My length and width are far less than the required limits. However, Amazon had the height (my minimum side) of the product listed at a fraction over the 0.75 inch-limit set for “small-standard.” Unfortunately, Amazon doesn’t simply trust us when we tell the company our product packaging size. They’ll manually pull a unit and test its dimensions themselves. The specific item of mine that was tested measured 0.92 inches in height.
My product consists of a fabric that’s folded up and inserted into a poly-bag. It’s height will vary based on how its packaged. The height may range from 0.6 inches to over 1 inch tall.
One way to solve this issue is to simply request that Amazon re-measure your product. You can use the contact us section in your Seller Central account to accomplish this. Once requested, Amazon will take new measurements within a couple days. Hopefully they pull a product that fits within the stated criteria. This is the easiest way and somewhat of a “cheat.” You might get lucky and you might not. When you replenish your inventory, Amazon may re-measure your product and you could fluctuate sizing tiers again.
The way that I solved this problem is by repackaging my item. The poly-bags I used were the cheapest solution, but provided inconsistent measurements. Instead, I found a rigid box to use. It costs an additional $0.05 per unit but accomplished two things. Most importantly, my product height was fixed at 0.7 inches. As “icing on the cake,” my product looked much better. The $0.05 includes a black and white printed logo on the box, which looks great.

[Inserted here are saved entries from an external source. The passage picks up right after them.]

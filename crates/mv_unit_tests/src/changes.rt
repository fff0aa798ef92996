//! The changes of commits, and what they hit, worked out by hand. The one table has a key, and two columns more.

ghost use Rattle.std.specs.Prelude.{◌≡◌, ◌≤◌, [], IfOk, length};
ghost use Rattle.mv_record.specs.Writes.{AreRising};

use crate::cases::ensure_at;
use crate::values::{key, row};
use mv_cases::ensure::ensure;
use mv_changes::changes::Changes;
use mv_changes::commit::changes_of_commit;
use mv_changes::hit::hit;
use mv_changes::recent::Recent;
use mv_history::change::{Change, Hit};
use mv_log::log::Log;
use mv_record::applying::put_row;
use mv_undo::own_writes::OwnWrites;
use mv_values::list::List;
use mv_values::memory::NoMemory;
use mv_values::op::Op;
use mv_values::patch::{Assign, Patch, Write};
use mv_values::pred::Test;
use mv_values::rows::{Database, Rows};
use mv_values::value::{Row, Value};
use mv_view::plain::Plain;
use std::alloc::Global;
use std::test::Fail;

/// Returns rows with these keys, each with 100 in its second column.
fn rows(alloc: Global, keys: &[i64]) -> Result<Rows, NoMemory> {
    let mut rows = Rows::new(alloc);
    for n in keys {
        let key = key(alloc, &[*n])?;
        let row = row(alloc, &[*n, 100, 0])?;
        put_row(alloc, &mut rows, &key, Some(row))?;
    }
    Ok(rows)
}

fn database(alloc: Global, keys: &[i64]) -> Result<Database, NoMemory>
    ensures size { IfOk result (λ db. 1 ≡ length db) }
    ensures rising { IfOk result AreRising }
{
    let rows = rows(alloc, keys)?;
    let _count = rows.as_slice().len();
    let mut tables = List::new(alloc);
    tables.push(rows)?;
    Ok(tables)
}

/// A write: of the second column, of a whole row, or a delete.
enum Kind {
    Set(i64),
    Insert(i64),
    Delete,
}

fn patch(alloc: Global, n: i64, kind: &Kind) -> Result<Patch, NoMemory> {
    match kind {
        Kind::Set(number) => {
            let value = Value::Int(*number);
            let mut items = List::new(alloc);
            items.push(Assign { column: 1, value })?;
            Ok(Patch::Set(items))
        }
        Kind::Insert(number) => Ok(Patch::Insert(row(alloc, &[n, *number, 0])?)),
        Kind::Delete => Ok(Patch::Delete),
    }
}

fn write(alloc: Global, table: u8, n: i64, kind: &Kind) -> Result<Write, NoMemory> {
    let key = key(alloc, &[n])?;
    let patch = patch(alloc, n, kind)?;
    Ok(Write { table, key, patch })
}

/// A table, a key and its write. The second table isn't there.
const WRITTEN: &[(u8, i64, Kind)] = &[
    (0, 9, Kind::Insert(7)),
    (0, 4, Kind::Delete),
    (0, 1, Kind::Set(130)),
    (1, 1, Kind::Insert(5)),
    (0, 2, Kind::Set(100)),
    (0, 3, Kind::Set(5)),
    (0, 3, Kind::Set(100)),
    (0, 8, Kind::Insert(1)),
    (0, 8, Kind::Delete),
    (0, 7, Kind::Set(1)),
];

/// A key that changes, and its second column before and after.
type Told = (Option<i64>, Option<i64>, Option<i64>);

const CHANGED: &[Told] = &[
    (Some(1), Some(100), Some(130)),
    (Some(4), Some(100), None),
    (Some(9), None, Some(7)),
];

fn number(row: &Row, column: usize) -> Option<i64> {
    match row.as_slice().get(column) {
        Some(Value::Int(number)) => Some(*number),
        _ => None,
    }
}

fn second(row: &Option<Row>) -> Option<i64> {
    match row {
        Some(row) => number(row, 1),
        None => None,
    }
}

fn told(change: &Change) -> Told {
    (
        change.key.part(0).number(),
        second(&change.before),
        second(&change.after),
    )
}

/// Writes a record into the log with these writes alone.
fn writing(alloc: Global, log: &mut Log) -> Result<(), NoMemory> {
    for (table, n, kind) in WRITTEN {
        log.push_write(write(alloc, *table, *n, kind)?)?;
    }
    log.close(1, None)
}

fn committed(alloc: Global) -> Result<Changes, Fail> {
    let tables = database(alloc, &[1, 2, 3, 4])?;
    let mut log = Log::new(alloc);
    writing(alloc, &mut log)?;
    let mut view = Plain::new(&tables);
    match changes_of_commit(alloc, 1, &log.records(), &mut view) {
        Ok(changes) => Ok(changes),
        Err(_) => Err("no changes".into()),
    }
}

fn are_as_told(alloc: Global, changes: &[Change]) -> Result<(), Fail> {
    ensure(alloc, changes.len() == CHANGED.len(), "three")?;
    for (i, want) in CHANGED.iter().enumerate() {
        let right = match changes.get(i) {
            Some(change) => told(change) == *want,
            None => false,
        };
        ensure_at(alloc, right, i)?;
    }
    Ok(())
}

#[test]
fn changes_are_what_differs(rt: HostRuntime) -> Result<(), Fail> {
    let alloc = rt.alloc();
    let changes = committed(alloc)?;
    are_as_told(alloc, changes.as_slice())?;
    let counts = (changes.of_table(0).len(), changes.of_table(1).len());
    ensure(alloc, counts == (3, 0), "by table")
}

/// Writes a record into the log that reads these columns of rows with these numbers.
fn reading(log: &mut Log, wanted: &[(u8, i64)], columns: &[u8]) -> Result<(), NoMemory> {
    for (column, number) in wanted {
        let key_place = if *column == 0 { Some(0) } else { None };
        log.push_test(Test {
            column: *column,
            key_place,
            op: Op::Eq,
            value: Value::Int(*number),
        })?;
    }
    log.push_columns(columns)?;
    log.push_pred(0)?;
    log.close(1, None)
}

fn some_row(alloc: Global, numbers: &Option<[i64; 3]>) -> Result<Option<Row>, NoMemory> {
    match numbers {
        Some(numbers) => Ok(Some(row(alloc, numbers)?)),
        None => Ok(None),
    }
}

/// A predicate by its tests and selected columns, the row with key 1 before a change and after it, and whether the change
/// hits where the call didn't write the key before, and where it did.
struct Case {
    wanted: &'static [(u8, i64)],
    columns: &'static [u8],
    before: Option<[i64; 3]>,
    after: Option<[i64; 3]>,
    hits: (bool, bool),
}

const CASES: &[Case] = &[
    // a selected column
    Case {
        wanted: &[(0, 1)],
        columns: &[1],
        before: Some([1, 5, 0]),
        after: Some([1, 6, 0]),
        hits: (true, true),
    },
    // another column of the same row
    Case {
        wanted: &[(0, 1)],
        columns: &[1],
        before: Some([1, 5, 0]),
        after: Some([1, 5, 9]),
        hits: (false, false),
    },
    // a tested column of a row that fails another test
    Case {
        wanted: &[(1, 1), (2, 1)],
        columns: &[],
        before: Some([1, 0, 0]),
        after: Some([1, 0, 1]),
        hits: (false, true),
    },
    // a new row that is counted
    Case {
        wanted: &[(1, 1)],
        columns: &[],
        before: None,
        after: Some([1, 1, 0]),
        hits: (true, true),
    },
    // a new row that isn't
    Case {
        wanted: &[(1, 1)],
        columns: &[],
        before: None,
        after: Some([1, 2, 0]),
        hits: (false, true),
    },
    // a row of another key
    Case {
        wanted: &[(0, 2)],
        columns: &[1],
        before: Some([1, 5, 0]),
        after: Some([1, 6, 0]),
        hits: (false, false),
    },
    // a row that goes
    Case {
        wanted: &[(0, 1)],
        columns: &[],
        before: Some([1, 5, 0]),
        after: None,
        hits: (true, true),
    },
];

/// Returns the writes of a call whose first record wrote key 1.
fn own(alloc: Global) -> Result<OwnWrites, NoMemory> {
    let write = write(alloc, 0, 1, &Kind::Set(1))?;
    let mut undo = OwnWrites::new(alloc);
    undo.push(0, write)?;
    Ok(undo)
}

fn change(alloc: Global, case: &Case) -> Result<Change, NoMemory> {
    let key = key(alloc, &[1])?;
    let before = some_row(alloc, &case.before)?;
    let after = some_row(alloc, &case.after)?;
    Ok(Change {
        table: 0,
        key,
        before,
        after,
    })
}

fn hits(alloc: Global, case: &Case, change: &Change) -> Result<(bool, bool), Fail> {
    let undo = own(alloc)?;
    let mut log = Log::new(alloc);
    reading(&mut log, case.wanted, case.columns)?;
    let records = log.records();
    if records.len() != 1 {
        return Err("not one record".into());
    }
    let record = records.get(0);
    Ok((
        hit(&record, 0, &undo.undo(), change),
        hit(&record, 1, &undo.undo(), change),
    ))
}

fn hits_as_told(alloc: Global, case: &Case) -> Result<bool, Fail> {
    let change = change(alloc, case)?;
    Ok(hits(alloc, case, &change)? == case.hits)
}

#[test]
fn changes_hit_what_a_predicate_sees(rt: HostRuntime) -> Result<(), Fail> {
    let alloc = rt.alloc();
    for (i, case) in CASES.iter().enumerate() {
        ensure_at(alloc, hits_as_told(alloc, case)?, i)?;
    }
    Ok(())
}

/// Returns the change of one row's second column.
fn one(alloc: Global, n: i64) -> Result<Changes, NoMemory> {
    let change = Change {
        table: 0,
        key: key(alloc, &[n])?,
        before: Some(row(alloc, &[n, 100, 0])?),
        after: Some(row(alloc, &[n, 101, 0])?),
    };
    let mut items = List::new(alloc);
    items.push(change)?;
    Changes::of(alloc, items)
}

/// Returns three commits: the first changes row 1, the others row 2.
pub(crate) fn three(alloc: Global) -> Result<Recent, NoMemory>
    ensures low { IfOk result (λ recent. recent.low ≡ 0) }
    ensures count { IfOk result (λ recent. length recent.commits ≡ 3) }
{
    let mut recent = Recent::new(alloc);
    recent.reserve(3)?;
    recent.push(1, one(alloc, 1)?)?;
    recent.push(2, one(alloc, 2)?)?;
    recent.push(3, one(alloc, 2)?)?;
    Ok(recent)
}

/// Writes a record into the log that reads the second column of a row, and writes nothing.
fn read(log: &mut Log, n: i64) -> Result<(), NoMemory> {
    log.push_test(Test {
        column: 0,
        key_place: Some(0),
        op: Op::Eq,
        value: Value::Int(n),
    })?;
    log.push_column(1)?;
    log.push_pred(0)?;
    log.close(1, None)
}

/// Writes the records of a call that reads the second column of these rows, one by one.
fn reads(alloc: Global, keys: &[i64]) -> Result<Log, NoMemory> {
    let mut log = Log::new(alloc);
    for n in keys {
        read(&mut log, *n)?;
    }
    Ok(log)
}

/// Returns the record and the commit that are found for a call that reads these rows.
fn found(
    alloc: Global,
    recent: &Recent,
    start: u32,
    keys: &[i64],
) -> Result<Option<(usize, u32)>, NoMemory>
    requires { recent.now.low ≤ start }
{
    let log = reads(alloc, keys)?;
    match recent.first_hit(start, &log.records(), &log.undo()) {
        Some(hit) => Ok(Some((hit.number, hit.commit))),
        None => Ok(None),
    }
}

/// A start, the rows that are read, and the record and the commit.
type Found = (u32, &'static [i64], Option<(usize, u32)>);

const FOUND: &[Found] = &[
    (0, &[5, 1], Some((1, 1))),
    (1, &[5, 1], None),
    (0, &[5, 2], Some((1, 2))),
    (1, &[2, 1], Some((0, 2))),
    (0, &[1, 2], Some((0, 1))),
    (2, &[5, 5, 2], Some((2, 3))),
    (3, &[1, 2], None),
];

fn found_as_told(alloc: Global, recent: &Recent) -> Result<(), Fail>
    requires { recent.now.low ≡ 0 }
{
    for (i, (start, keys, want)) in FOUND.iter().enumerate() {
        ensure_at(alloc, found(alloc, recent, *start, keys)? == *want, i)?;
    }
    Ok(())
}

#[test]
fn the_least_record_and_commit_are_found(rt: HostRuntime) -> Result<(), Fail> {
    let alloc = rt.alloc();
    let recent = three(alloc)?;
    found_as_told(alloc, &recent)
}

#[test]
fn commits_are_kept_from_low_on(rt: HostRuntime) -> Result<(), Fail> {
    let alloc = rt.alloc();
    let mut recent = three(alloc)?;
    ensure(alloc, recent.since(0).len() == 3, "all")?;
    recent.trim(1);
    ensure(alloc, recent.since(1).len() == 2, "after the first")?;
    recent.trim(2);
    ensure(alloc, recent.since(2).len() == 1, "after the second")?;
    ensure(alloc, recent.since(3).is_empty(), "after the third")?;
    let last = found(alloc, &recent, 2, &[2])?;
    ensure(alloc, last == Some((0, 3)), "the third")
}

Here’s the estimated total savings based on my average sales.
With one little change, I’ll realize huge savings over the year.
Hopefully this encourages you as an Amazon Seller to take a good look at your fees. There may be some “low hanging fruit” options to significantly reduce costs. If you suspect there’s savings to be had with Fulfillment fees, we hope that our comprehensive post on Amazon Shipping Fees helps you realize these. If so, please let us know in the comments below!
Every FBA seller needs to know their Amazon FBA Shipping Costs. Unfortunately, the existing structure is ridiculously…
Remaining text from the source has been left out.